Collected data
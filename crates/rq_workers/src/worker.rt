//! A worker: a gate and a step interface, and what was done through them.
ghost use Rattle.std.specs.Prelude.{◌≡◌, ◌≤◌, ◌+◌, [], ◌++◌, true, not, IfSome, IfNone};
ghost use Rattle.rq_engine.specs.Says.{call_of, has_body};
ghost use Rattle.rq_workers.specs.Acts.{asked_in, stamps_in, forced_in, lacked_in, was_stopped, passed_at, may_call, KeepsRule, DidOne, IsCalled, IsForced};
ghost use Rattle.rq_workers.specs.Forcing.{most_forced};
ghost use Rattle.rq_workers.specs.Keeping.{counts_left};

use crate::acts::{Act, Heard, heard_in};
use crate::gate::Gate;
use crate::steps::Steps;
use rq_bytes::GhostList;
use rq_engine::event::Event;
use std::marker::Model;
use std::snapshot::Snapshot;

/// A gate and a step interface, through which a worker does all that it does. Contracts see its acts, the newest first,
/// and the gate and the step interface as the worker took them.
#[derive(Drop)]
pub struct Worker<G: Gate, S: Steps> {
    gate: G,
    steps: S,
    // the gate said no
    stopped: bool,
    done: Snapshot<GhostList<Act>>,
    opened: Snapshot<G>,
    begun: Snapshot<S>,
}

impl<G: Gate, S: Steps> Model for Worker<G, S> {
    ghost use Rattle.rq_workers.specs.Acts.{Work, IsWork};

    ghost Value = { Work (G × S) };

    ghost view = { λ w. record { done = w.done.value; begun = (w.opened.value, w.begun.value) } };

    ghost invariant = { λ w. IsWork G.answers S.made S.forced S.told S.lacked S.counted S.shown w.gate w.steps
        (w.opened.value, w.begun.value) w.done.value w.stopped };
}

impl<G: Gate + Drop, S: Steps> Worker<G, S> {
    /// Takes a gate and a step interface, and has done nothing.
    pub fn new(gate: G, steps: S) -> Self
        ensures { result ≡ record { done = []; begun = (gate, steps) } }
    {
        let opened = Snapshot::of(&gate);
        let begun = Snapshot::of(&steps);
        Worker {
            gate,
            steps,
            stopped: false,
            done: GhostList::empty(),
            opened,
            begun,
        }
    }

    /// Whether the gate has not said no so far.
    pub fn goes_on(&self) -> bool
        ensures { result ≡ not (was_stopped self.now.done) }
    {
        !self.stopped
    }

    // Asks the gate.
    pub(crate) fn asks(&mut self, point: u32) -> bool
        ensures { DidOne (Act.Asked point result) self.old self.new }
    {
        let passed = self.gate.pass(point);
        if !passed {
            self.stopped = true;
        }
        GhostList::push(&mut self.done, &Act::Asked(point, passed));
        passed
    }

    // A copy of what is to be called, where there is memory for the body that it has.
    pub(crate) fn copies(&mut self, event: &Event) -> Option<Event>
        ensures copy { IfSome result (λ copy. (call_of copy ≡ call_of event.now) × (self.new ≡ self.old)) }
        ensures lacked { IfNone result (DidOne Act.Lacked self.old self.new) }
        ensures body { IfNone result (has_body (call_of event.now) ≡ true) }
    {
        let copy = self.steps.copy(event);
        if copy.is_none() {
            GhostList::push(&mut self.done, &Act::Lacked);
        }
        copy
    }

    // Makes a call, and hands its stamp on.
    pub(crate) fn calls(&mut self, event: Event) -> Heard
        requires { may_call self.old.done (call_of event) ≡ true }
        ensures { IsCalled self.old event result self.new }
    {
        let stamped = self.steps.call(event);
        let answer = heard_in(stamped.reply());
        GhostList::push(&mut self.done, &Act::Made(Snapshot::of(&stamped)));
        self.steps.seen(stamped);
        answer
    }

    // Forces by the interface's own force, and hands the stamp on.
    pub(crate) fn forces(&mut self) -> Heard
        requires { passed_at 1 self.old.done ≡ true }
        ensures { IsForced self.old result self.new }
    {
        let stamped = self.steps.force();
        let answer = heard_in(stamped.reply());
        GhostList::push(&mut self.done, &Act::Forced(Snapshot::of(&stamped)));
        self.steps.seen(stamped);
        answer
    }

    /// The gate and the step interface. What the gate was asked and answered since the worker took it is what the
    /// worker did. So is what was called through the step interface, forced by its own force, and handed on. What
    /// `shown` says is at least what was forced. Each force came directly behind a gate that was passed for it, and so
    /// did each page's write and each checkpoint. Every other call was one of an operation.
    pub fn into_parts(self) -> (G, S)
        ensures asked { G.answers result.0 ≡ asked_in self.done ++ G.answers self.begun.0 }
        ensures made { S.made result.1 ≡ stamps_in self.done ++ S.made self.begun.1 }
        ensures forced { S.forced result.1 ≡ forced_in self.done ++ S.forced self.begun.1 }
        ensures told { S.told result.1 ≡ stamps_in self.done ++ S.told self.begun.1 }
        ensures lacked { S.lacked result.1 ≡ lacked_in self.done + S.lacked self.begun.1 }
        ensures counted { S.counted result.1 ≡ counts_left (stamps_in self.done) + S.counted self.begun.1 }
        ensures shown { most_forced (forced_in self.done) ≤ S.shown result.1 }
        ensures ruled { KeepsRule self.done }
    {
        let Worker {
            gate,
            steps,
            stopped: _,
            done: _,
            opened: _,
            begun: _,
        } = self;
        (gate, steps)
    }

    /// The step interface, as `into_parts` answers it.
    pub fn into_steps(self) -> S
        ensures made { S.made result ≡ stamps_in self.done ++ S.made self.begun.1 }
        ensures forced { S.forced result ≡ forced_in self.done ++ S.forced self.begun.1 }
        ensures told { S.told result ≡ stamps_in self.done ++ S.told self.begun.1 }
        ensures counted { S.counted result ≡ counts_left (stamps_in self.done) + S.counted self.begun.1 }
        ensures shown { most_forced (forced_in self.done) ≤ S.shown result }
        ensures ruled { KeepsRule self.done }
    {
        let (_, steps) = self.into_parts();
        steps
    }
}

Requirement
Please return all of the entries above, exactly and completely.

Reply
filename crates/rq_workers/src/worker.rt
//! A worker: a gate and a step interface, and what was done through them.
ghost use Rattle.std.specs.Prelude.{◌≡◌, ◌≤◌, ◌+◌, [], ◌++◌, true, not, IfSome, IfNone};
ghost use Rattle.rq_engine.specs.Says.{call_of, has_body};
ghost use Rattle.rq_workers.specs.Acts.{asked_in, stamps_in, forced_in, lacked_in, was_stopped, passed_at, may_call, KeepsRule, DidOne, IsCalled, IsForced};
ghost use Rattle.rq_workers.specs.Forcing.{most_forced};
ghost use Rattle.rq_workers.specs.Keeping.{counts_left};

use crate::acts::{Act, Heard, heard_in};
use crate::gate::Gate;
use crate::steps::Steps;
use rq_bytes::GhostList;
use rq_engine::event::Event;
use std::marker::Model;
use std::snapshot::Snapshot;

/// A gate and a step interface, through which a worker does all that it does. Contracts see its acts, the newest first,
/// and the gate and the step interface as the worker took them.
#[derive(Drop)]
pub struct Worker<G: Gate, S: Steps> {
    gate: G,
    steps: S,
    // the gate said no
    stopped: bool,
    done: Snapshot<GhostList<Act>>,
    opened: Snapshot<G>,
    begun: Snapshot<S>,
}

impl<G: Gate, S: Steps> Model for Worker<G, S> {
    ghost use Rattle.rq_workers.specs.Acts.{Work, IsWork};

    ghost Value = { Work (G × S) };

    ghost view = { λ w. record { done = w.done.value; begun = (w.opened.value, w.begun.value) } };

    ghost invariant = { λ w. IsWork G.answers S.made S.forced S.told S.lacked S.counted S.shown w.gate w.steps
        (w.opened.value, w.begun.value) w.done.value w.stopped };
}

impl<G: Gate + Drop, S: Steps> Worker<G, S> {
    /// Takes a gate and a step interface, and has done nothing.
    pub fn new(gate: G, steps: S) -> Self
        ensures { result ≡ record { done = []; begun = (gate, steps) } }
    {
        let opened = Snapshot::of(&gate);
        let begun = Snapshot::of(&steps);
        Worker {
            gate,
            steps,
            stopped: false,
            done: GhostList::empty(),
            opened,
            begun,
        }
    }

    /// Whether the gate has not said no so far.
    pub fn goes_on(&self) -> bool
        ensures { result ≡ not (was_stopped self.now.done) }
    {
        !self.stopped
    }

    // Asks the gate.
    pub(crate) fn asks(&mut self, point: u32) -> bool
        ensures { DidOne (Act.Asked point result) self.old self.new }
    {
        let passed = self.gate.pass(point);
        if !passed {
            self.stopped = true;
        }
        GhostList::push(&mut self.done, &Act::Asked(point, passed));
        passed
    }

    // A copy of what is to be called, where there is memory for the body that it has.
    pub(crate) fn copies(&mut self, event: &Event) -> Option<Event>
        ensures copy { IfSome result (λ copy. (call_of copy ≡ call_of event.now) × (self.new ≡ self.old)) }
        ensures lacked { IfNone result (DidOne Act.Lacked self.old self.new) }
        ensures body { IfNone result (has_body (call_of event.now) ≡ true) }
    {
        let copy = self.steps.copy(event);
        if copy.is_none() {
            GhostList::push(&mut self.done, &Act::Lacked);
        }
        copy
    }

    // Makes a call, and hands its stamp on.
    pub(crate) fn calls(&mut self, event: Event) -> Heard
        requires { may_call self.old.done (call_of event) ≡ true }
        ensures { IsCalled self.old event result self.new }
    {
        let stamped = self.steps.call(event);
        let answer = heard_in(stamped.reply());
        GhostList::push(&mut self.done, &Act::Made(Snapshot::of(&stamped)));
        self.steps.seen(stamped);
        answer
    }

    // Forces by the interface's own force, and hands the stamp on.
    pub(crate) fn forces(&mut self) -> Heard
        requires { passed_at 1 self.old.done ≡ true }
        ensures { IsForced self.old result self.new }
    {
        let stamped = self.steps.force();
        let answer = heard_in(stamped.reply());
        GhostList::push(&mut self.done, &Act::Forced(Snapshot::of(&stamped)));
        self.steps.seen(stamped);
        answer
    }

    /// The gate and the step interface. What the gate was asked and answered since the worker took it is what the
    /// worker did. So is what was called through the step interface, forced by its own force, and handed on. What
    /// `shown` says is at least what was forced. Each force came directly behind a gate that was passed for it, and so
    /// did each page's write and each checkpoint. Every other call was one of an operation.
    pub fn into_parts(self) -> (G, S)
        ensures asked { G.answers result.0 ≡ asked_in self.done ++ G.answers self.begun.0 }
        ensures made { S.made result.1 ≡ stamps_in self.done ++ S.made self.begun.1 }
        ensures forced { S.forced result.1 ≡ forced_in self.done ++ S.forced self.begun.1 }
        ensures told { S.told result.1 ≡ stamps_in self.done ++ S.told self.begun.1 }
        ensures lacked { S.lacked result.1 ≡ lacked_in self.done + S.lacked self.begun.1 }
        ensures counted { S.counted result.1 ≡ counts_left (stamps_in self.done) + S.counted self.begun.1 }
        ensures shown { most_forced (forced_in self.done) ≤ S.shown result.1 }
        ensures ruled { KeepsRule self.done }
    {
        let Worker {
            gate,
            steps,
            stopped: _,
            done: _,
            opened: _,
            begun: _,
        } = self;
        (gate, steps)
    }

    /// The step interface, as `into_parts` answers it.
    pub fn into_steps(self) -> S
        ensures made { S.made result ≡ stamps_in self.done ++ S.made self.begun.1 }
        ensures forced { S.forced result ≡ forced_in self.done ++ S.forced self.begun.1 }
        ensures told { S.told result ≡ stamps_in self.done ++ S.told self.begun.1 }
        ensures counted { S.counted result ≡ counts_left (stamps_in self.done) + S.counted self.begun.1 }
        ensures shown { most_forced (forced_in self.done) ≤ S.shown result }
        ensures ruled { KeepsRule self.done }
    {
        let (_, steps) = self.into_parts();
        steps
    }
}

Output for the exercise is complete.